→ **Your goal**
Scan the records below, and wherever a line has the word "their", pull it out.

▶

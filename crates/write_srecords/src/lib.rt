// The lines of all sections, written from the front of the lent bytes on while their joined bytes are read behind: document 02, (n).
// Sections, records and their number are three parameters, as the functions of join_pieces take them.
#![tactic(auto)]

ghost use Rattle.std.specs.Prelude.{◌≡◌, ◌+◌, ◌*◌, ◌≤◌, ◌<◌, ◌/◌, length, get_or, take, drop, ◌++◌};
ghost use Rattle.std.proofs.lemmas.List.Edits.{sets};
ghost use Rattle.join.specs.Join.{nowhere, held_by, held};
ghost use Rattle.join_pieces.specs.Joins.{Joins};
ghost use Rattle.stage_tables.specs.StageTables.{stage_sections};
ghost use Rattle.piece_records.specs.Records.{parts_at, Whole};
ghost use Rattle.srecord_text.specs.Room.{lines_size, Fits};
ghost use Rattle.lists.specs.Rows.{some};
ghost use Rattle.srecords.specs.Lines.{section_lines, lines_of, share_address, some_share, write_of, Ended};
ghost use Rattle.write_srecords.specs.Along.{room_along, all_lines, Ready, Laying};

use join_pieces::{any_outside, base_of, head_of, held_by, lay_over_zeros};
use obj::{Refusal, refuse};
use piece_sweep::any_differ;
use srecord_lines::{put_line, share_address};
use srecord_text::write_section;

// ---- 87

// Section k shares an address with a later one.
fn shares_later(sections: &[u8], k: usize) -> bool
    requires { k < length sections.now / 15 }
    ensures { result ≡ some (share_address (get_or (stage_sections sections.now) k nowhere)) (drop (k + 1) (stage_sections sections.now)) }
{
    let s = head_of(sections, k);
    (k + 1..sections.len() / 15).any(|j| share_address(s, head_of(sections, j)))
}

// "87, two sections that hold bytes share an address".
pub fn any_share(sections: &[u8]) -> bool
    ensures { result ≡ some_share (stage_sections sections.now) }
{
    (0..sections.len() / 15).any(|k| shares_later(sections, k))
}

// ---- 80

// How many bytes the lines of so many data bytes take.
fn lines_size(size: u32) -> usize
    ensures { result ≡ lines_size size }
{
    let n = size as usize;
    15 * ((n + 15) / 16) + 2 * n
}

// How many bytes all lines take.
pub fn lines_room(sections: &[u8]) -> usize
    requires { length sections.now / 15 ≤ 64 }
    ensures { result ≡ room_along (stage_sections sections.now) + 15 }
{
    let mut sum: usize = 15;
    // a loop, as in join_pieces::base_of: std's sum asks that each partial sum fits, and that did not prove there
    for k in 0..sections.len() / 15 {
        sum += lines_size(held_by(sections, k));
    }
    sum
}

// ---- the lines

// The lines of section k, whose bytes lie from `from` on.
fn write_one(sections: &[u8], out: &mut [u8], k: usize, to: usize, from: usize)
    requires { (k < length sections.now / 15) × Fits out.old to from (held_by (get_or (stage_sections sections.now) k nowhere)) (get_or (stage_sections sections.now) k nowhere).address }
    ensures { out.new ≡ sets out.old to (section_lines (get_or (stage_sections sections.now) k nowhere).address (take (held_by (get_or (stage_sections sections.now) k nowhere)) (drop from out.old))) }
{
    let s = head_of(sections, k);
    write_section(out, to, from, s.address, held_by(sections, k));
}

// The lines of all sections, and the S7 line.
pub fn write_lines(sections: &[u8], out: &mut [u8], from: usize)
    requires { Ready sections.now out.old from }
    ensures { out.new ≡ sets out.old 0 (all_lines (stage_sections sections.now) (take (held (stage_sections sections.now)) (drop from out.old))) }
{
    let n = sections.len() / 15;
    let mut at: usize = 0;
    let mut read = from;
    for k in 0..n {
        write_one(sections, out, k, at, read);
        let size = held_by(sections, k);
        at += lines_size(size);
        read += size as usize;
    }
    put_line(out, at, b'7', 0, &[]);
}

// The pieces laid at the end of the room for the lines, and the lines written over it; bytes past the lines stay.
fn lay_lines(sections: &[u8], b: &[u8], n: u32, room: usize, out: &mut [u8])
    requires { Laying sections.now b.now n room out.old }
    ensures { out.new ≡ lines_of (stage_sections sections.now) (parts_at n b.now 0) ++ drop room out.old }
{
    let total = base_of(sections, sections.len() / 15);
    let from = room - total;
    lay_over_zeros(sections, b, n, total, &mut out[from..room]);
    write_lines(sections, out, from);
}

// 87, 82, 83, 80, and the lines in the first bytes of the output; those past them stay.
pub fn write(sections: &[u8], b: &[u8], n: u32, out: &mut [u8]) -> Result<(), Refusal>
    requires { (length sections.now / 15 ≤ 64) × Whole n b.now 0 × Ended (stage_sections sections.now) × (n ≤ 1024) }
    ensures { Joins (write_of (stage_sections sections.now) (length out.old) (parts_at n b.now 0)) out.old result out.new }
{
    if any_share(sections) {
        return refuse(87, 0, 0);
    }
    if any_outside(sections, b, n) {
        return refuse(82, 0, 0);
    }
    if any_differ(b, n) {
        return refuse(83, 0, 0);
    }
    let room = lines_room(sections);
    if out.len() < room {
        return refuse(80, 0, 0);
    }
    lay_lines(sections, b, n, room, out);
    Ok(())
}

◀

→ **Task answer**
// The lines of all sections, written from the front of the lent bytes on while their joined bytes are read behind: document 02, (n).
// Sections, records and their number are three parameters, as the functions of join_pieces take them.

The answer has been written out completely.